Record extracts:
//! Places in memory by a name, as they are written.

ghost use Rattle.std.specs.Prelude.{◌≡◌, ◌∷◌, ◌++◌, ℕ, List, [], length, Some, None, false, IfSome, IfNone};
ghost use Rattle.std.specs.List.{list_all};
ghost use Rattle.symbols.specs.declared.meanings.Name.{Name as AnyName};
ghost use Rattle.outcome_queries.specs.declared.placed.Placed.{Placed as AnyPlaced};
ghost use Rattle.outcome_queries.specs.declared.placed.Behind.{Behind as AnyBehind};
ghost use Rattle.outcome_queries.specs.Quoted.{place_outside};
ghost use Rattle.outcome_queries.specs.Placed.{SpellsName, SpellsPart, SpellsPlace, SpellsPlaced, IsMarked};
ghost use Rattle.outcome_queries.specs.Placed.{can_begin, can_follow, is_hart_name, is_plain_name};

use crate::quoted::split_outside;
use crate::width::split_width;
use symbols::Name;
use text_fields::{read_decimal, read_hex, read_value};
use watched_outcomes::Width;

/// How far behind the start of its symbol a place is.
#[derive(Clone, Copy, Drop)]
pub enum Behind {
    /// Where this element of so many bytes as are looked at is, from 0.
    Element(u32),
    /// So many bytes.
    Bytes(u32),
}

/// A place in memory by a name.
#[derive(Clone, Copy, Drop)]
pub struct Placed<'a> {
    pub name: Name<'a>,
    pub behind: Behind,
    /// How many bytes are looked at, where that is said.
    pub width: Option<Width>,
}

/// What a text says: `counter`, `lock.c:counter`, `next[3]`, `node+8`, `counter:2`, `'any name':1`.
pub(crate) fn read_placed(text: &[u8]) -> Option<Placed<'_>>
    ensures found { IfSome result (SpellsPlaced text.now) }
    ensures none { IfNone result ((placed : AnyPlaced) → SpellsPlaced text.now placed → ⊥) }
{
    let (place, width) = split_width(text);
    let (name, behind) = read_place(place)?;
    Some(Placed {
        name,
        behind,
        width,
    })
}

/// A name, and how far behind its start: an element in brackets, so many bytes behind a plus sign, or nothing.
fn read_place(text: &[u8]) -> Option<(Name<'_>, Behind)>
    ensures found { IfSome result (λ p. SpellsPlace text.now p.0 p.1) }
    ensures none { IfNone result ((name : AnyName) (far : AnyBehind) → SpellsPlace text.now name far → ⊥) }
{
    if let Some((named, index)) = split_element(text) {
        let name = read_name(named)?;
        let element = read_value(index)?;
        return Some((name, Behind::Element(element)));
    }
    if let Some((named, distance)) = split_outside(text, b'+') {
        let name = read_name(named)?;
        let bytes = read_value(distance)?;
        return Some((name, Behind::Bytes(bytes)));
    }
    let name = read_name(text)?;
    Some((name, Behind::Bytes(0)))
}

/// What stands before `[` and between it and a `]` at the end.
fn split_element(text: &[u8]) -> Option<(&[u8], &[u8])>
    ensures found { IfSome result (λ p. text.now ≡ p.0.now ++ 91 ∷ (p.1.now ++ 93 ∷ [])) }
    ensures place { IfSome result (λ p. Some (length p.0.now) ≡ place_outside false 91 text.now) }
    ensures none { IfNone result ((named index : List ℕ) → Some (length named) ≡ place_outside false 91 text.now
        → text.now ≡ named ++ 91 ∷ (index ++ 93 ∷ []) → ⊥) }
{
    let (named, rest) = split_outside(text, b'[')?;
    let last = rest.len().checked_sub(1)?;
    if rest[last] != b']' {
        return None;
    }
    Some((named, &rest[..last]))
}

/// A name, with the file before it where one is said.
fn read_name(text: &[u8]) -> Option<Name<'_>>
    ensures found { IfSome result (SpellsName text.now) }
    ensures none { IfNone result ((name : AnyName) → SpellsName text.now name → ⊥) }
{
    let Some((file, name)) = split_outside(text, b':') else {
        let name = read_part(text)?;
        return Some(Name { file: None, name });
    };
    let file = read_part(file)?;
    let name = read_part(name)?;
    Some(Name {
        file: Some(file),
        name,
    })
}

/// A name that stands in quotation marks, or needs none.
fn read_part(text: &[u8]) -> Option<&[u8]>
    ensures found { IfSome result (λ name. SpellsPart text.now name.now) }
    ensures none { IfNone result ((name : List ℕ) → SpellsPart text.now name → ⊥) }
{
    if is_plain_name(text) {
        return Some(text);
    }
    between_marks(text)
}

/// What stands between two quotation marks, with none inside; one byte at the least.
fn between_marks(text: &[u8]) -> Option<&[u8]>
    ensures found { IfSome result (λ name. IsMarked text.now name.now) }
    ensures none { IfNone result ((name : List ℕ) → IsMarked text.now name → ⊥) }
{
    if text.len() < 3 || text[0] != b'\'' || text[text.len() - 1] != b'\'' {
        return None;
    }
    let name = &text[1..text.len() - 1];
    if name.contains(&b'\'') {
        None
    } else {
        Some(name)
    }
}

/// Whether a name needs no quotation marks: it begins with a letter, `_`, `.` or `$`, has none but these, digits and
/// `-` behind that, and says nothing else, as `h0` and `80001000` do.
#[tactic(auto, unfolding(crate::specs::Placed::is_plain_name))]
fn is_plain_name(text: &[u8]) -> bool
    ensures { result ≡ is_plain_name text.now }
{
    let [first, rest @ ..] = text else {
        return false;
    };
    can_begin(*first) && can_follow(rest) && !is_hart(*first, rest) && read_hex(text, 8).is_err()
}

fn can_begin(byte: u8) -> bool
    ensures { result ≡ can_begin byte }
{
    byte.is_ascii_alphabetic() || byte == b'_' || byte == b'.' || byte == b'$'
}

/// Whether each of these bytes may stand behind the first of a name.
fn can_follow(bytes: &[u8]) -> bool
    ensures { result ≡ list_all can_follow bytes.now }
{
    bytes.iter().all(|byte| can_begin(*byte) || byte.is_ascii_digit() || *byte == b'-')
}

/// Whether it is `h` and the number of a hart.
fn is_hart(first: u8, rest: &[u8]) -> bool
    ensures { result ≡ is_hart_name (first ∷ rest.now) }
{
    first == b'h' && read_decimal(rest, 255).is_ok()
}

Problem details:
Down to the last line, give the records again exactly.

Exercise response:
//! Places in memory by a name, as they are written.

ghost use Rattle.std.specs.Prelude.{◌≡◌, ◌∷◌, ◌++◌, ℕ, List, [], length, Some, None, false, IfSome, IfNone};
ghost use Rattle.std.specs.List.{list_all};
ghost use Rattle.symbols.specs.declared.meanings.Name.{Name as AnyName};
ghost use Rattle.outcome_queries.specs.declared.placed.Placed.{Placed as AnyPlaced};
ghost use Rattle.outcome_queries.specs.declared.placed.Behind.{Behind as AnyBehind};
ghost use Rattle.outcome_queries.specs.Quoted.{place_outside};
ghost use Rattle.outcome_queries.specs.Placed.{SpellsName, SpellsPart, SpellsPlace, SpellsPlaced, IsMarked};
ghost use Rattle.outcome_queries.specs.Placed.{can_begin, can_follow, is_hart_name, is_plain_name};

use crate::quoted::split_outside;
use crate::width::split_width;
use symbols::Name;
use text_fields::{read_decimal, read_hex, read_value};
use watched_outcomes::Width;

/// How far behind the start of its symbol a place is.
#[derive(Clone, Copy, Drop)]
pub enum Behind {
    /// Where this element of so many bytes as are looked at is, from 0.
    Element(u32),
    /// So many bytes.
    Bytes(u32),
}

/// A place in memory by a name.
#[derive(Clone, Copy, Drop)]
pub struct Placed<'a> {
    pub name: Name<'a>,
    pub behind: Behind,
    /// How many bytes are looked at, where that is said.
    pub width: Option<Width>,
}

/// What a text says: `counter`, `lock.c:counter`, `next[3]`, `node+8`, `counter:2`, `'any name':1`.
pub(crate) fn read_placed(text: &[u8]) -> Option<Placed<'_>>
    ensures found { IfSome result (SpellsPlaced text.now) }
    ensures none { IfNone result ((placed : AnyPlaced) → SpellsPlaced text.now placed → ⊥) }
{
    let (place, width) = split_width(text);
    let (name, behind) = read_place(place)?;
    Some(Placed {
        name,
        behind,
        width,
    })
}

/// A name, and how far behind its start: an element in brackets, so many bytes behind a plus sign, or nothing.
fn read_place(text: &[u8]) -> Option<(Name<'_>, Behind)>
    ensures found { IfSome result (λ p. SpellsPlace text.now p.0 p.1) }
    ensures none { IfNone result ((name : AnyName) (far : AnyBehind) → SpellsPlace text.now name far → ⊥) }
{
    if let Some((named, index)) = split_element(text) {
        let name = read_name(named)?;
        let element = read_value(index)?;
        return Some((name, Behind::Element(element)));
    }
    if let Some((named, distance)) = split_outside(text, b'+') {
        let name = read_name(named)?;
        let bytes = read_value(distance)?;
        return Some((name, Behind::Bytes(bytes)));
    }
    let name = read_name(text)?;
    Some((name, Behind::Bytes(0)))
}

/// What stands before `[` and between it and a `]` at the end.
fn split_element(text: &[u8]) -> Option<(&[u8], &[u8])>
    ensures found { IfSome result (λ p. text.now ≡ p.0.now ++ 91 ∷ (p.1.now ++ 93 ∷ [])) }
    ensures place { IfSome result (λ p. Some (length p.0.now) ≡ place_outside false 91 text.now) }
    ensures none { IfNone result ((named index : List ℕ) → Some (length named) ≡ place_outside false 91 text.now
        → text.now ≡ named ++ 91 ∷ (index ++ 93 ∷ []) → ⊥) }
{
    let (named, rest) = split_outside(text, b'[')?;
    let last = rest.len().checked_sub(1)?;
    if rest[last] != b']' {
        return None;
    }
    Some((named, &rest[..last]))
}

/// A name, with the file before it where one is said.
fn read_name(text: &[u8]) -> Option<Name<'_>>
    ensures found { IfSome result (SpellsName text.now) }
    ensures none { IfNone result ((name : AnyName) → SpellsName text.now name → ⊥) }
{
    let Some((file, name)) = split_outside(text, b':') else {
        let name = read_part(text)?;
        return Some(Name { file: None, name });
    };
    let file = read_part(file)?;
    let name = read_part(name)?;
    Some(Name {
        file: Some(file),
        name,
    })
}

/// A name that stands in quotation marks, or needs none.
fn read_part(text: &[u8]) -> Option<&[u8]>
    ensures found { IfSome result (λ name. SpellsPart text.now name.now) }
    ensures none { IfNone result ((name : List ℕ) → SpellsPart text.now name → ⊥) }
{
    if is_plain_name(text) {
        return Some(text);
    }
    between_marks(text)
}

/// What stands between two quotation marks, with none inside; one byte at the least.
fn between_marks(text: &[u8]) -> Option<&[u8]>
    ensures found { IfSome result (λ name. IsMarked text.now name.now) }
    ensures none { IfNone result ((name : List ℕ) → IsMarked text.now name → ⊥) }
{
    if text.len() < 3 || text[0] != b'\'' || text[text.len() - 1] != b'\'' {
        return None;
    }
    let name = &text[1..text.len() - 1];
    if name.contains(&b'\'') {
        None
    } else {
        Some(name)
    }
}

/// Whether a name needs no quotation marks: it begins with a letter, `_`, `.` or `$`, has none but these, digits and
/// `-` behind that, and says nothing else, as `h0` and `80001000` do.
#[tactic(auto, unfolding(crate::specs::Placed::is_plain_name))]
fn is_plain_name(text: &[u8]) -> bool
    ensures { result ≡ is_plain_name text.now }
{
    let [first, rest @ ..] = text else {
        return false;
    };
    can_begin(*first) && can_follow(rest) && !is_hart(*first, rest) && read_hex(text, 8).is_err()
}

fn can_begin(byte: u8) -> bool
    ensures { result ≡ can_begin byte }
{
    byte.is_ascii_alphabetic() || byte == b'_' || byte == b'.' || byte == b'$'
}

/// Whether each of these bytes may stand behind the first of a name.
fn can_follow(bytes: &[u8]) -> bool
    ensures { result ≡ list_all can_follow bytes.now }
{
    bytes.iter().all(|byte| can_begin(*byte) || byte.is_ascii_digit() || *byte == b'-')
}

/// Whether it is `h` and the number of a hart.
fn is_hart(first: u8, rest: &[u8]) -> bool
    ensures { result ≡ is_hart_name (first ∷ rest.now) }
{
    first == b'h' && read_decimal(rest, 255).is_ok()
}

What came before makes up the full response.